If I was President Obama, and the world I’m expected (rightly or wrongly) to keep from blowing up seems increasingly combustible, I’d try to change the subject, too. But the President’s decision yesterday to hype a phony renaissance in American domestic manufacturing only reveals a chief executive either genuinely or willfully clueless (take your pick) on this vital economic issue.
In addition to a Presidential trip to Pittsburgh to meet with industrial entrepreneurs refining and employing genuinely exciting new technologies like 3D printing, the White House released a report claiming that “U.S. manufacturing is once again on the upswing.” http://www.whitehouse.gov/sites/default/files/docs/manufacturing_innovation_report.pdf
As has become increasingly typical, this latest Obama administration manufacturing statement actually did an excellent job of making the case for treating the sector’s revitalization as a top policy priority. In particular, it presented key facts and figures about manufacturing’s centrality to national productivity and innovation performance, as well as living standards, that are still typically ignored by economists and think tank hacks in thrall to the longstanding macroeconomic wisdom that no particular type of economic activity has any special importance. In other words, they remain convinced by the standard textbook maxim that a unit of served cheeseburgers is just as valuable to building enduring American prosperity as a unit of manufactured semiconductors.
Unfortunately, as is also typical of the administration’s manufacturing statements, this Making in America report ignores the overwhelming evidence that, by key measures, domestic industry continues to fall behind not only the rest of the U.S. economy, but foreign competition.
Let’s focus on just two of the study’s shortcomings. The first is its claim that “Manufacturing output has increased 30% since the end of the recession.” I literally don’t know where this comes from. According to a footnote, the source is the Commerce Department’s Bureau of Economic Analysis – which is fine except I spent much of yesterday afternoon searching through that agency’s motherlode of data and found absolutely no confirmation.
Manufacturing production can be measured any number of ways – e.g., gross output before and after inflation, value-added before and after inflation. Making in America didn’t specify. And the BEA data so far only takes us up to the end of 2013. But even all of the non-inflation-adjusted figures (which matter much less than the “real” figures) only show an expansion of about 25 percent. Moreover, given manufacturing’s early-2014 slowdown, its more recent performance couldn’t possibly make up the difference.
Even more important, there’s no evidence that manufacturing is increasing its share of U.S. total output – which would be pretty conclusive evidence that it’s become a growth leader. In fact, the data point in the opposite direction. As I reported in my own June 11 post, this percentage has indeed gone up since full-year 2009 . (The current recovery began in the middle of that year, and quarterly BEA data isn’t available.) But as of the end of 2013, manufacturing’s share of inflation-adjusted gross domestic product was still below its level at the start of the recession – when no knowledgeable observer thinks domestic industry was enjoying an historic revival. Here’s a link to that post: https://alantonelson.wordpress.com/2014/06/11/whats-left-of-our-economy-stick-a-fork-in-those-manufacturing-renaissance-claims/
If the President doesn’t recognize the depth and breadth of U.S. manufacturing’s problems, how much meaningful help can he provide it?

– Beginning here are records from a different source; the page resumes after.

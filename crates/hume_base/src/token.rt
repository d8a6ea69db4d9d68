use crate::keyword::Keyword;
use crate::symbol::Symbol;
use crate::text::Text;

/// What a token is, with what it says.
#[derive(Debug, Drop, PartialEq, Eq)]
pub enum Kind {
    /// A name that begins with a small letter.
    Lower(Text),
    /// A name that begins with a capital letter.
    Upper(Text),
    Number(u64),
    /// The byte that stands between the single quotes, or that its escape means.
    Letter(u8),
    /// The bytes between the double quotes.
    Quoted(Text),
    Word(Keyword),
    Sign(Symbol),
}

/// A token, and the offset in bytes at which it begins.
#[derive(Debug, Drop, PartialEq, Eq)]
pub struct Token {
    pub kind: Kind,
    pub place: u32,
}
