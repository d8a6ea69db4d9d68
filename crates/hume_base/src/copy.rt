//! Copies of values and types, and whether two types are the same.
ghost use Rattle.std.specs.Prelude.{◌≡◌, ◌↔◌, IsTrue, IfOk};

use crate::list::List;
use crate::shared::Shared;
use crate::types::{Ty, Value};
use std::alloc::{AllocError, Global};

#[cycle(copy_value)]
pub fn copy_value(alloc: Global, value: &Value) -> Result<Value, AllocError>
    ensures { IfOk result (λ copy. copy ≡ value.now) }
{
    match value {
        Value::Word(word) => Ok(Value::Word(*word)),
        Value::Tuple(parts) => Ok(Value::Tuple(copy_values(alloc, parts.as_slice())?)),
        Value::Vector(parts) => Ok(Value::Vector(copy_values(alloc, parts.as_slice())?)),
        Value::Con(place, parts) => Ok(Value::Con(*place, copy_values(alloc, parts.as_slice())?)),
    }
}

#[cycle(copy_value)]
pub fn copy_values(alloc: Global, values: &[Value]) -> Result<List<Value>, AllocError>
    ensures { IfOk result (λ copies. copies ≡ values.now) }
{
    let mut copies = List::new(alloc);
    for value in values {
        copies.push(copy_value(alloc, value)?)?;
    }
    Ok(copies)
}

/// A type whose parts are shared with `ty`, so that only one level is copied.
pub fn copy_ty(alloc: Global, ty: &Ty) -> Result<Ty, AllocError>
    ensures { IfOk result (λ copy. copy ≡ ty.now) }
{
    match ty {
        Ty::Bool => Ok(Ty::Bool),
        Ty::Char => Ok(Ty::Char),
        Ty::Int(bits) => Ok(Ty::Int(*bits)),
        Ty::Nat(bits) => Ok(Ty::Nat(*bits)),
        Ty::Tuple(parts) => Ok(Ty::Tuple(share_tys(alloc, parts.as_slice())?)),
        Ty::Vector(count, item) => Ok(Ty::Vector(*count, item.share()?)),
        Ty::Named(number) => Ok(Ty::Named(*number)),
    }
}

/// Copies of types, each of one level.
pub fn copy_tys(alloc: Global, tys: &[Ty]) -> Result<List<Ty>, AllocError>
    ensures { IfOk result (λ copies. copies ≡ tys.now) }
{
    let mut copies = List::new(alloc);
    for ty in tys {
        copies.push(copy_ty(alloc, ty)?)?;
    }
    Ok(copies)
}

/// The same types, each shared.
pub fn share_tys(alloc: Global, tys: &[Shared<Ty>]) -> Result<List<Shared<Ty>>, AllocError>
    ensures { IfOk result (λ shared. shared ≡ tys.now) }
{
    let mut shared = List::new(alloc);
    for ty in tys {
        shared.push(ty.share()?)?;
    }
    Ok(shared)
}

/// Whether two types are the same. A derived `==` would say nothing to a caller's proof.
#[cycle(same_ty)]
pub fn same_ty(left: &Ty, right: &Ty) -> bool
    ensures { IsTrue result ↔ (left.now ≡ right.now) }
{
    match (left, right) {
        (Ty::Bool, Ty::Bool) => true,
        (Ty::Char, Ty::Char) => true,
        (Ty::Int(m), Ty::Int(n)) => *m == *n,
        (Ty::Nat(m), Ty::Nat(n)) => *m == *n,
        (Ty::Tuple(xs), Ty::Tuple(ys)) => same_tys(xs.as_slice(), ys.as_slice()),
        (Ty::Vector(m, x), Ty::Vector(n, y)) => *m == *n && same_ty(x, y),
        (Ty::Named(m), Ty::Named(n)) => *m == *n,
        _ => false,
    }
}

#[cycle(same_ty)]
fn same_tys(lefts: &[Shared<Ty>], rights: &[Shared<Ty>]) -> bool
    ensures { IsTrue result ↔ (lefts.now ≡ rights.now) }
{
    if lefts.len() != rights.len() {
        return false;
    }
    for i in 0..lefts.len() {
        if !same_ty(&lefts[i], &rights[i]) {
            return false;
        }
    }
    true
}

The second major shortcoming in the study is its neglect of wages. They’re important not only because workers who earn wages vote, but because the numbers speak volumes about how domestic manufacturers as a whole seem to have chosen a route to recovery and even “competitiveness” that can only damage the entire economy in the long run.
Since competitiveness first became a prominent national concern in the mid-1980s, specialists have recognized two major strategies that could achieve this goal. Manufacturers could either take a high road, with measures that would improve quality and efficiency and boost innovation while keeping wages high and rising. Or they could take a low road that would focus tightly on reducing wages and/or regulatory burdens dramatically enough to compete with developing countries in particular on those fronts.
The low road is dangerous because workers who earn too little to buy the goods they produce (and many others) tend to punish the politicians they hold responsible unless those politicians decide to compensate them somehow in other ways – say, by making credit incredibly and artificially cheap and therefore widely available. If you recognize this as the approach that led America and the world directly into an historic financial crisis, you get a gold star.
Still skeptical? Think of it this way. America could attract every last dollar of global manufacturing investment by mandating a maximum hourly wage of three cents. And imagine how such wage-slashing would ripple throughout the entire workforce. Would that produce the kind of country any of us would want to live in?
And yet the best data we have show that since the recovery began in mid-2009, inflation-adjusted wages for all manufacturing workers have fallen faster than those for all private sector workers. Nor has the picture been brightening more recently for industrial employees. The latest (May) statistics show that their inflation-adjusted wages are down both month on month and year on year.
President Obama is often criticized as a better talker than a doer. His latest efforts on manufacturing make all too clear that, he suffers serious problems in the learnng category, too.